WHAT TO PRODUCE.
All lines in the listing below from the one containing "ReadsWord (image self.old)" through the last should be written out exactly, and only those.

MATERIAL PROVIDED.

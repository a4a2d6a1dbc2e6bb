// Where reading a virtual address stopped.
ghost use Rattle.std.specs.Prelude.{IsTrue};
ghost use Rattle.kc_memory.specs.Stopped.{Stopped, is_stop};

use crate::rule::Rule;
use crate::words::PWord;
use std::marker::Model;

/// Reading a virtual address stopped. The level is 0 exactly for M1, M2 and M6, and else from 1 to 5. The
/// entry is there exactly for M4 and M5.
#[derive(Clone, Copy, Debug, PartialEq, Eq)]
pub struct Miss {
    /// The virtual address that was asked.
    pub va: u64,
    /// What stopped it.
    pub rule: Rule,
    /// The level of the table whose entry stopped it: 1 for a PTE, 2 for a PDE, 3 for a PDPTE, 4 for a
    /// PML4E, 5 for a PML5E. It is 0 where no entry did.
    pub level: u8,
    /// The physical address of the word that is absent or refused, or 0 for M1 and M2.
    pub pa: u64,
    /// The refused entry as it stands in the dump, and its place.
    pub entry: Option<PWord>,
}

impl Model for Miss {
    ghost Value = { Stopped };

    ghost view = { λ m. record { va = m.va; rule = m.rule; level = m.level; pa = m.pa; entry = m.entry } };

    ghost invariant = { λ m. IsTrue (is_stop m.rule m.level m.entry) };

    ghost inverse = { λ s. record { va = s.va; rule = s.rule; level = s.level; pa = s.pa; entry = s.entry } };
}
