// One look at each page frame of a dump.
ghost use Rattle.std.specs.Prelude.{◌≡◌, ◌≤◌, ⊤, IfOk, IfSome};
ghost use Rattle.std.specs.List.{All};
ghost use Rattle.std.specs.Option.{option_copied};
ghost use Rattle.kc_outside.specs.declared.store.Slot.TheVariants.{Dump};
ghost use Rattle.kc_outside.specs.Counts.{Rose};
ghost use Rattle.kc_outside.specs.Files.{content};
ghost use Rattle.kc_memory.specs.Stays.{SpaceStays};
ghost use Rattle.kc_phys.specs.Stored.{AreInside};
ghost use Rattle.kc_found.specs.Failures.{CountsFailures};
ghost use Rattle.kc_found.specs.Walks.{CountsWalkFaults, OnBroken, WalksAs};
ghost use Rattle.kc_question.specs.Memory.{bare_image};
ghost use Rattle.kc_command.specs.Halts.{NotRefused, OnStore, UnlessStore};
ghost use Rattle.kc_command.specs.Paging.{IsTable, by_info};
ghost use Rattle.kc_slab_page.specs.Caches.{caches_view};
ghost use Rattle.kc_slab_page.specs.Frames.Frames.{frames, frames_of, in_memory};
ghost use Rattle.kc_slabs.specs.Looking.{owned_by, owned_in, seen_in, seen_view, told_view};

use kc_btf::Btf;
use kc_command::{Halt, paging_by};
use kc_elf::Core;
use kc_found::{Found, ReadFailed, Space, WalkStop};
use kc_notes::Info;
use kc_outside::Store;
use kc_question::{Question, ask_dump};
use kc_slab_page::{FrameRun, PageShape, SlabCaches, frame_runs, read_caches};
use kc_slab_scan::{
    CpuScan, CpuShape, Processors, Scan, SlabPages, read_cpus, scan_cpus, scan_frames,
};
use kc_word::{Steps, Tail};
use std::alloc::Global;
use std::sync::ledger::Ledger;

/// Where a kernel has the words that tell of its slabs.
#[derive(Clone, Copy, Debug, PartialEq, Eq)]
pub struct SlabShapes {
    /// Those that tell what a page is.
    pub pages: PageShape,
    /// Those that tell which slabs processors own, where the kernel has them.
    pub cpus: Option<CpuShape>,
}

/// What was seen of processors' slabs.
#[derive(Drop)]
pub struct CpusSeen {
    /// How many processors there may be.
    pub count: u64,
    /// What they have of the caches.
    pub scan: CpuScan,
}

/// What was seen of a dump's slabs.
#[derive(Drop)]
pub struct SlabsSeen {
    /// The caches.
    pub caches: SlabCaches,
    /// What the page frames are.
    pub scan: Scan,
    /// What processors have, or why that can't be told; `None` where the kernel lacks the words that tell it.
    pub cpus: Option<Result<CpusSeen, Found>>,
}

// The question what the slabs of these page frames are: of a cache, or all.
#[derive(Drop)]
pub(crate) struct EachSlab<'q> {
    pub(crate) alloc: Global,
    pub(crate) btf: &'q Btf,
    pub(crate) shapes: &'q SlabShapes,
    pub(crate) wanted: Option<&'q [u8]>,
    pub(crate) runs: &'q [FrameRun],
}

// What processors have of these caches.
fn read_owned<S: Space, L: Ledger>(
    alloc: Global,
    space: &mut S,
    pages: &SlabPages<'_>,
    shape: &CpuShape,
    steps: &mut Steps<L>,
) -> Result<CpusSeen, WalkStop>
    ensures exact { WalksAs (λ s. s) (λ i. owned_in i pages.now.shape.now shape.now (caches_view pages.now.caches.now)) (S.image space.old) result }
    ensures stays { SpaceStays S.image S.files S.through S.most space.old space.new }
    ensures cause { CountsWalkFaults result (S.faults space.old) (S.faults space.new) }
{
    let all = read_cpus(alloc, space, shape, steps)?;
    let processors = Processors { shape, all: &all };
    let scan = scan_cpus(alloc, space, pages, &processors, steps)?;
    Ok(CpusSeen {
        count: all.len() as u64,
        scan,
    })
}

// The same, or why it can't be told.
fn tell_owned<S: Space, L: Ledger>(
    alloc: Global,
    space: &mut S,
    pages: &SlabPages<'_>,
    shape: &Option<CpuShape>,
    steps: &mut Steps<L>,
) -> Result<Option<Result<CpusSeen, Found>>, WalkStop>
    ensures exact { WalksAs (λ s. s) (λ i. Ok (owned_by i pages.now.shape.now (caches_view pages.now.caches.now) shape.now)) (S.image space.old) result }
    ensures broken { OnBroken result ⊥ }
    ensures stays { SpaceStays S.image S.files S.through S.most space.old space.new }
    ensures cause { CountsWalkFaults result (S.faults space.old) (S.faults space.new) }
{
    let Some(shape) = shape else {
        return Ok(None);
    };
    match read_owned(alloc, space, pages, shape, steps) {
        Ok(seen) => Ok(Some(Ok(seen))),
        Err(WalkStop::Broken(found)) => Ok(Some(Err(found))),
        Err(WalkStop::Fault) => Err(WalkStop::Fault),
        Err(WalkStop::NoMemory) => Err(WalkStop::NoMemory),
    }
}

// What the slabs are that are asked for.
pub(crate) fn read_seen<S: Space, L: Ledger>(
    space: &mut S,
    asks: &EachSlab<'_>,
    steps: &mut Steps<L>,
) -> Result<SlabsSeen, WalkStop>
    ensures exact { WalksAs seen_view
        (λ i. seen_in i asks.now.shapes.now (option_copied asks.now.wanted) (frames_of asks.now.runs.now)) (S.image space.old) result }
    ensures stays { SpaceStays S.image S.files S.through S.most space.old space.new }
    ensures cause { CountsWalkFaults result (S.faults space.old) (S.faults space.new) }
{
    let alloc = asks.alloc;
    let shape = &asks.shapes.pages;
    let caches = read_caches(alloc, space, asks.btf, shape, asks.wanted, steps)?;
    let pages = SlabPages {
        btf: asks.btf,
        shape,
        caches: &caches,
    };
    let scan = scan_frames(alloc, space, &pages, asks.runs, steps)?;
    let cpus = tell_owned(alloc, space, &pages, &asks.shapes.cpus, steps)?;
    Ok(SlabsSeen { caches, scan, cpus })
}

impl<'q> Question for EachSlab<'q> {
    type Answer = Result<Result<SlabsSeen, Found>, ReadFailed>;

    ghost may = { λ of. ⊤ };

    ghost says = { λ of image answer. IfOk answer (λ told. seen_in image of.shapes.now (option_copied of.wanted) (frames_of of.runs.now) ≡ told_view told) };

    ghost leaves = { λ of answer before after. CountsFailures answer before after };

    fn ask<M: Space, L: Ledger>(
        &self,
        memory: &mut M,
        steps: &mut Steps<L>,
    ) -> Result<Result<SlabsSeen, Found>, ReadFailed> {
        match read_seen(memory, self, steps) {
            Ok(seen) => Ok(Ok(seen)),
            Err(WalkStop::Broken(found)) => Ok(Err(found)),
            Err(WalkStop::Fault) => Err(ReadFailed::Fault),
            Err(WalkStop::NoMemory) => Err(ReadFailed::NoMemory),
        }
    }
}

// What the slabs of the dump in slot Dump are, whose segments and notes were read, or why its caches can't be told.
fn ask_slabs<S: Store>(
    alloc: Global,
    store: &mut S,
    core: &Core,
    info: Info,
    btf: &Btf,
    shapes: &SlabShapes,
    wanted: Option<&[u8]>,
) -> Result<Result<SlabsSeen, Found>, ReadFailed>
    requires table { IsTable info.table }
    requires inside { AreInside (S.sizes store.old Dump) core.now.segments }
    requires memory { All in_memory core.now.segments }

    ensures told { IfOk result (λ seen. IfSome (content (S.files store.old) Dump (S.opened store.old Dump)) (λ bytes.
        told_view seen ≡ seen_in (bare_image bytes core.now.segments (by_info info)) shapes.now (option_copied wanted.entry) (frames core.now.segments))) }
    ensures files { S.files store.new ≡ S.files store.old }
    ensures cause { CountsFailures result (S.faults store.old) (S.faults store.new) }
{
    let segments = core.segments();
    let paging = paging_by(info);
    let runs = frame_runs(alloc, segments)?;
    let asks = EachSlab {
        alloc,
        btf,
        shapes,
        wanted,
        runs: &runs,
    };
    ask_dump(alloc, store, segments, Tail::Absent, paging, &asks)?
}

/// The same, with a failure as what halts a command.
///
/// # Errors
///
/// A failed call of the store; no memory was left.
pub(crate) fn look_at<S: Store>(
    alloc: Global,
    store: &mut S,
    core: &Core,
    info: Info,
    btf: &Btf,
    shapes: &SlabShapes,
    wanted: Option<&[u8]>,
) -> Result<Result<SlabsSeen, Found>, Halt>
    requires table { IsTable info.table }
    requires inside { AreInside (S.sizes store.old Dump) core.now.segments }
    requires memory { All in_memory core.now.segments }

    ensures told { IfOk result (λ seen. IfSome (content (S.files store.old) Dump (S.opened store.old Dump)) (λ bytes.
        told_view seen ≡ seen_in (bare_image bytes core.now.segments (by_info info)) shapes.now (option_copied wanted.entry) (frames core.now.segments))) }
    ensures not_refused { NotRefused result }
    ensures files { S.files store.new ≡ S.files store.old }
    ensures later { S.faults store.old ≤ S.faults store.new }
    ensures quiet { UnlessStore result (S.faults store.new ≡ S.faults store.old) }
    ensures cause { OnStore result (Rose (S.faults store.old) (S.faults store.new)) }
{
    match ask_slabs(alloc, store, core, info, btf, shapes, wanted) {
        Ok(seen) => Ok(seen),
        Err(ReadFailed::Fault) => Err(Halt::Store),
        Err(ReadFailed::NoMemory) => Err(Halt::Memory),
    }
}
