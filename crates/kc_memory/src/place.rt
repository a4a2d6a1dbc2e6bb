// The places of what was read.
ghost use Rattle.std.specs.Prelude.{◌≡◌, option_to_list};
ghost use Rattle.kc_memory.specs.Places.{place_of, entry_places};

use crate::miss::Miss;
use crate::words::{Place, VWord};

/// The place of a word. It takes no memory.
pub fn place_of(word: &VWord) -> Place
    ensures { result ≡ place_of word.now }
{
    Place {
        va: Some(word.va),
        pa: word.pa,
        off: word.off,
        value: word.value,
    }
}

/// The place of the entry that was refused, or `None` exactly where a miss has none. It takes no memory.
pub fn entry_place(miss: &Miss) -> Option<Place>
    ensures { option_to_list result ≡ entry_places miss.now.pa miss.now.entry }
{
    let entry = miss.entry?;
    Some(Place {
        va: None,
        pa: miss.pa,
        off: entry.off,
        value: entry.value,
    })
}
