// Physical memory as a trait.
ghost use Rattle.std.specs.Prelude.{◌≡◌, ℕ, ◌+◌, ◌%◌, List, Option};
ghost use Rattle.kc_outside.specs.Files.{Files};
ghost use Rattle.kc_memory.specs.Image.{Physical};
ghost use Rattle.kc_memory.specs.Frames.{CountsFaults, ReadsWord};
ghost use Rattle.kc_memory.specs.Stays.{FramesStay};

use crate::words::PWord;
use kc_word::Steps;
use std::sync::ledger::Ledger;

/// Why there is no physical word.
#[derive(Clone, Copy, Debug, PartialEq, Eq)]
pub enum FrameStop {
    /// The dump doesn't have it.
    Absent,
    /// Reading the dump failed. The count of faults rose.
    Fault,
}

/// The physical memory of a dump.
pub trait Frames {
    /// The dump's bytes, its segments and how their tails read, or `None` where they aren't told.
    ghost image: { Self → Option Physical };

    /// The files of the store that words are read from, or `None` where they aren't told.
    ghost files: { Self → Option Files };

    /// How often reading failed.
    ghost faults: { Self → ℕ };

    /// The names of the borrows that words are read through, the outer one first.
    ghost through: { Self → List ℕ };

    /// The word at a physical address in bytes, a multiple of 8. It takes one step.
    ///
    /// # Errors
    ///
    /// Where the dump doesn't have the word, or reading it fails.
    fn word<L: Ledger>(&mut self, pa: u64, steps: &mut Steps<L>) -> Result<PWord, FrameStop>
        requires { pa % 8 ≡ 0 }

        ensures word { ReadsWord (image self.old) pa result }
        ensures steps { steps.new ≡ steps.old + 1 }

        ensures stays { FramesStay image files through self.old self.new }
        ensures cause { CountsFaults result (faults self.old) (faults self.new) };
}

RESPONSE TO THE TASK.
        ensures word { ReadsWord (image self.old) pa result }
        ensures steps { steps.new ≡ steps.old + 1 }

        ensures stays { FramesStay image files through self.old self.new }
        ensures cause { CountsFaults result (faults self.old) (faults self.new) };
}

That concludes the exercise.